--- PROVIDED DATA ---
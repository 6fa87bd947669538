// Copies kept in lent words, two words each: where a block stood and where it is placed.
ghost use Rattle.std.specs.Prelude.{◌≡◌, true, false, ◌+◌, ◌*◌, ◌/◌, ◌%◌, ◌≤◌, ◌<◌, length, get_or, set};
ghost use Rattle.plan.specs.Geometry.{align8};
ghost use Rattle.plan.specs.Copies.{copy_of, with_copy};
ghost use Rattle.copier.specs.Standing.{copies_in, standing, Room, Ready, Past};
ghost use Rattle.copier.specs.Answer.{found_of, link_of};
ghost use Rattle.copier.specs.Index.{Indexed, Indexes};

use index::enter_at;

// How many copies stand in the words, and the end of what is placed.
#[derive(Clone, Copy, Debug, PartialEq, Eq)]
pub struct Copying {
    pub used: u64,
    pub next: u64,
}

// How many blocks of a chain were met, and what stands after them.
#[derive(Clone, Copy, Debug, PartialEq, Eq)]
pub struct Chain {
    pub count: u64,
    pub state: Copying,
}

// The place of the copy of a among those of the words.
fn find(memo: &[u64], a: u64) -> Option<u64>
    ensures { found_of result ≡ copy_of a (copies_in memo.now (length memo.now / 2)) }
{
    for i in 0..memo.len() / 2 {
        if memo[2 * i] == a {
            return Some(memo[2 * i + 1]);
        }
    }
    None
}

// The place of the copy of a, by the index: the last that is met in its chain.
pub(crate) fn find_in(memo: &[u64], index: &[u16; 4096], used: u64, a: u64) -> Option<u64>
    requires { (used ≤ 2050) × (2 * used ≤ length memo.now) }
    ensures { Indexed memo.now used index.now
        → found_of result ≡ copy_of a (copies_in memo.now used) }
{
    let most = used as usize;
    let mut i = usize::from(index[2050 + (a % 2039) as usize]);
    let mut hit: usize = 0;
    while 0 < i {
        if most < i {
            return None;
        }
        if memo[2 * (i - 1)] == a {
            hit = i;
        }
        let older = usize::from(index[i - 1]);
        if i <= older {
            return None;
        }
        i = older;
    }
    if hit == 0 {
        return None;
    }
    Some(memo[2 * hit - 1])
}

// A link to a, led to its copy: 0 where a isn't copied. A word past the end counts as 0.
pub fn new_link(memo: &[u64], used: u64, a: u64) -> u64
    ensures { result ≡ link_of (copy_of a (copies_in memo.now used)) }
{
    let n = (memo.len() / 2) as u64;
    find(&memo[..2 * used.min(n) as usize], a).unwrap_or(0)
}

// The index of the first copies of the words, as many as it has room for.
pub fn index_copies(memo: &[u64], used: u64) -> [u16; 4096]
    ensures { Indexes memo.now used result }
{
    let mut index = [0u16; 4096];
    if 2050 < used || ((memo.len() / 2) as u64) < used {
        return index;
    }
    for n in 0..used {
        enter_at::<2050>(&mut index, n, memo[(2 * n) as usize]);
    }
    index
}

// The same link by the index of these copies.
pub fn link_by(memo: &[u64], index: &[u16; 4096], used: u64, a: u64) -> u64
    ensures { Indexes memo.now used index.now
        → result ≡ link_of (copy_of a (copies_in memo.now used)) }
{
    if 2050 < used || ((memo.len() / 2) as u64) < used {
        return new_link(memo, used, a);
    }
    find_in(memo, index, used, a).unwrap_or(0)
}

// The next multiple of 8, where it fits.
pub fn aligned(x: u64) -> u64
    ensures { x < 9223372036854775808 → result ≡ align8 x }
{
    if 9223372036854775807 < x {
        return x;
    }
    (x + 7) / 8 * 8
}

// Whether copying can begin: there are 8,192 words, no more than 2,050 copies are allowed or stand, and what is placed
// leaves room for them.
pub(crate) fn is_ready(memo: &[u64], most: u64, state: Copying) -> bool
    ensures yes { result ≡ true → Ready memo.now most state }
    ensures no { result ≡ false → Ready memo.now most state → ⊥ }
{
    if memo.len() < 8192 {
        return false;
    }
    if 2050 < most {
        return false;
    }
    if 2050 < state.used {
        return false;
    }
    if 576460752303423488 < state.next {
        return false;
    }
    true
}

// One copy more, of the block of so many bytes at a, after what is placed.
pub(crate) fn place(
    memo: &mut [u64],
    index: &mut [u16; 4096],
    a: u64,
    size: u64,
    state: Copying,
) -> Copying
    requires { (state.used < 2050) × (4100 ≤ length memo.old)
        × Room state.used state.next × (size ≤ 268435456) × Indexed memo.old state.used index.old }
    ensures copied { standing memo.new result ≡ with_copy a size (standing memo.old state) }
    ensures past { Past (2 * result.used) memo.old memo.new }
    ensures indexed { Indexed memo.new result.used index.new }
{
    let used = state.used;
    let at = (used * 2) as usize;
    let to = aligned(state.next);
    memo[at] = a;
    memo[at + 1] = to;
    enter_at::<2050>(index, used, a);
    Copying {
        used: used + 1,
        next: to + size,
    }
}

--- ABOUT THIS TASK ---
Each line in the records above with "aligned" must be returned.

--- EXERCISE OUTPUT ---
pub fn aligned(x: u64) -> u64
    let to = aligned(state.next);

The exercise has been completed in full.